Quote all of the entries word for word.

[Stored data entries]
-*-
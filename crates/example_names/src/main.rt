//! The fields of a message: each name has one entry, in whatever case it is written.
//!
//! The program prints the entry of each line's name, under the spelling that was read first. The tables have
//! a kind of strings of this crate's own, [`NameKind`], one stored string by string and one in one buffer.
#![tactic(auto)]

ghost use Rattle.std.specs.Prelude.{◌≡◌, ◌↔◌, IfOk, IsTrue};
ghost use Rattle.example_names.specs.Letters.{letters};

mod name;

use anyhow::Result;
use intaglio::packed::Packed;
use intaglio::{InternError, Symbol, Table, TableOver};
use name::{Name, NameContent, NameKind};
use std::hash::{BuildHasherDefault, FoldHasher};

/// A table of names.
pub type Names = Table<NameContent, BuildHasherDefault<FoldHasher>>;

/// A table of names in one buffer.
pub type PackedNames = TableOver<Packed<NameKind>, BuildHasherDefault<FoldHasher>>;

/// Whether two spellings are of one name, which is so exactly if their letters in lower case are the same.
///
/// # Errors
///
/// Those of [`get_or_intern`](Table::get_or_intern).
fn are_one_name(names: &mut PackedNames, one: &str, other: &str) -> Result<bool, InternError>
    ensures { IfOk result (λ same. IsTrue same ↔ (letters one.now ≡ letters other.now)) }
{
    let first = names.get_or_intern(Name::new(one))?;
    let second = names.get_or_intern(Name::new(other))?;
    Ok(first == second)
}

// Prints the entry of a line's name, under its first spelling.
fn print_entry(rt: &impl Print, names: &mut Names, name: &'static str) -> Result<()> {
    let entry: Symbol = names.intern(NameContent::from(name))?;
    if let Some(spelled) = names.get(entry) {
        println!(rt; "{} {name} is {}", entry.id(), spelled.as_str())?;
    }
    Ok(())
}

fn main(rt: HostRuntime) -> Result<()> {
    let mut names = Names::new(rt.alloc())?;
    for name in [
        "Content-Type",
        "content-type",
        "Host",
        "CONTENT-TYPE",
        "host",
    ] {
        print_entry(&rt, &mut names, name)?;
    }
    let mut packed = PackedNames::with_hasher(rt.alloc(), BuildHasherDefault::new())?;
    let same = are_one_name(&mut packed, "Content-Type", "content-TYPE")?;
    let other = are_one_name(&mut packed, "Host", "Hosts")?;
    println!(rt; "one name: {same}, {other}")?;
    Ok(())
}
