/// How the pieces at the front of bytes are translated: one by one, as by [`translate_pieces`], or in groups.
pub trait FrontTranslator: Translator {
    /// Writes what the pieces at the front of the bytes are translated to, but for a last one that may go on.
    /// Returns where that begins, and how many were translated with those before. No piece ends within the
    /// first `seen` bytes, so they needn't be searched again.
    ///
    /// # Errors
    ///
    /// Those of [`translate`].
    fn put_front<W: Write>(
        &self,
        alloc: Global,
        bytes: &[u8],
        seen: usize,
        number: u64,
        block: &mut Vec<u8>,
        writer: &mut W,
    ) -> Result<(usize, u64), TranslateError>
        requires within { seen ≤ length bytes.now }
        requires seen { Self.pieces (take seen bytes.now) ≡ last_piece (take seen bytes.now) }
        ensures ok { let On = GoesOn Self.pieces (Self.fits self.now) (Self.translated self.now) in
            IfOk result (λ end. On (W.contents writer.old) block.old.items bytes.now number
            (W.contents writer.new) block.new.items (drop end.0 bytes.now) end.1) }
        ensures within { IfOk result (λ end. end.0 ≤ length bytes.now) }
        ensures last { IfOk result
            (λ end. Self.pieces (drop end.0 bytes.now) ≡ last_piece (drop end.0 bytes.now)) }
        ensures misfit { let Stops = StopsIn Self.pieces (Self.fits self.now) (Self.translated self.now) in
            IfErr result (Stops (W.contents writer.old) block.old.items bytes.now number) }
        ensures part { let Part = WritesIn Self.pieces (Self.fits self.now) (Self.translated self.now) in
            OnErr result
            (Part (W.contents writer.old) block.old.items bytes.now number (W.contents writer.new)) };
}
-*-
Result of this exercise.
filename crates/example_names/src/main.rt
//! The fields of a message: each name has one entry, in whatever case it is written.
//!
//! The program prints the entry of each line's name, under the spelling that was read first. The tables have
//! a kind of strings of this crate's own, [`NameKind`], one stored string by string and one in one buffer.
#![tactic(auto)]

ghost use Rattle.std.specs.Prelude.{◌≡◌, ◌↔◌, IfOk, IsTrue};
ghost use Rattle.example_names.specs.Letters.{letters};

mod name;

use anyhow::Result;
use intaglio::packed::Packed;
use intaglio::{InternError, Symbol, Table, TableOver};
use name::{Name, NameContent, NameKind};
use std::hash::{BuildHasherDefault, FoldHasher};

/// A table of names.
pub type Names = Table<NameContent, BuildHasherDefault<FoldHasher>>;

/// A table of names in one buffer.
pub type PackedNames = TableOver<Packed<NameKind>, BuildHasherDefault<FoldHasher>>;

/// Whether two spellings are of one name, which is so exactly if their letters in lower case are the same.
///
/// # Errors
///
/// Those of [`get_or_intern`](Table::get_or_intern).
fn are_one_name(names: &mut PackedNames, one: &str, other: &str) -> Result<bool, InternError>
    ensures { IfOk result (λ same. IsTrue same ↔ (letters one.now ≡ letters other.now)) }
{
    let first = names.get_or_intern(Name::new(one))?;
    let second = names.get_or_intern(Name::new(other))?;
    Ok(first == second)
}

// Prints the entry of a line's name, under its first spelling.
fn print_entry(rt: &impl Print, names: &mut Names, name: &'static str) -> Result<()> {
    let entry: Symbol = names.intern(NameContent::from(name))?;
    if let Some(spelled) = names.get(entry) {
        println!(rt; "{} {name} is {}", entry.id(), spelled.as_str())?;
    }
    Ok(())
}

fn main(rt: HostRuntime) -> Result<()> {
    let mut names = Names::new(rt.alloc())?;
    for name in [
        "Content-Type",
        "content-type",
        "Host",
        "CONTENT-TYPE",
        "host",
    ] {
        print_entry(&rt, &mut names, name)?;
    }
    let mut packed = PackedNames::with_hasher(rt.alloc(), BuildHasherDefault::new())?;
    let same = are_one_name(&mut packed, "Content-Type", "content-TYPE")?;
    let other = are_one_name(&mut packed, "Host", "Hosts")?;
    println!(rt; "one name: {same}, {other}")?;
    Ok(())
}
/// How the pieces at the front of bytes are translated: one by one, as by [`translate_pieces`], or in groups.
pub trait FrontTranslator: Translator {
    /// Writes what the pieces at the front of the bytes are translated to, but for a last one that may go on.
    /// Returns where that begins, and how many were translated with those before. No piece ends within the
    /// first `seen` bytes, so they needn't be searched again.
    ///
    /// # Errors
    ///
    /// Those of [`translate`].
    fn put_front<W: Write>(
        &self,
        alloc: Global,
        bytes: &[u8],
        seen: usize,
        number: u64,
        block: &mut Vec<u8>,
        writer: &mut W,
    ) -> Result<(usize, u64), TranslateError>
        requires within { seen ≤ length bytes.now }
        requires seen { Self.pieces (take seen bytes.now) ≡ last_piece (take seen bytes.now) }
        ensures ok { let On = GoesOn Self.pieces (Self.fits self.now) (Self.translated self.now) in
            IfOk result (λ end. On (W.contents writer.old) block.old.items bytes.now number
            (W.contents writer.new) block.new.items (drop end.0 bytes.now) end.1) }
        ensures within { IfOk result (λ end. end.0 ≤ length bytes.now) }
        ensures last { IfOk result
            (λ end. Self.pieces (drop end.0 bytes.now) ≡ last_piece (drop end.0 bytes.now)) }
        ensures misfit { let Stops = StopsIn Self.pieces (Self.fits self.now) (Self.translated self.now) in
            IfErr result (Stops (W.contents writer.old) block.old.items bytes.now number) }
        ensures part { let Part = WritesIn Self.pieces (Self.fits self.now) (Self.translated self.now) in
            OnErr result
            (Part (W.contents writer.old) block.old.items bytes.now number (W.contents writer.new)) };
}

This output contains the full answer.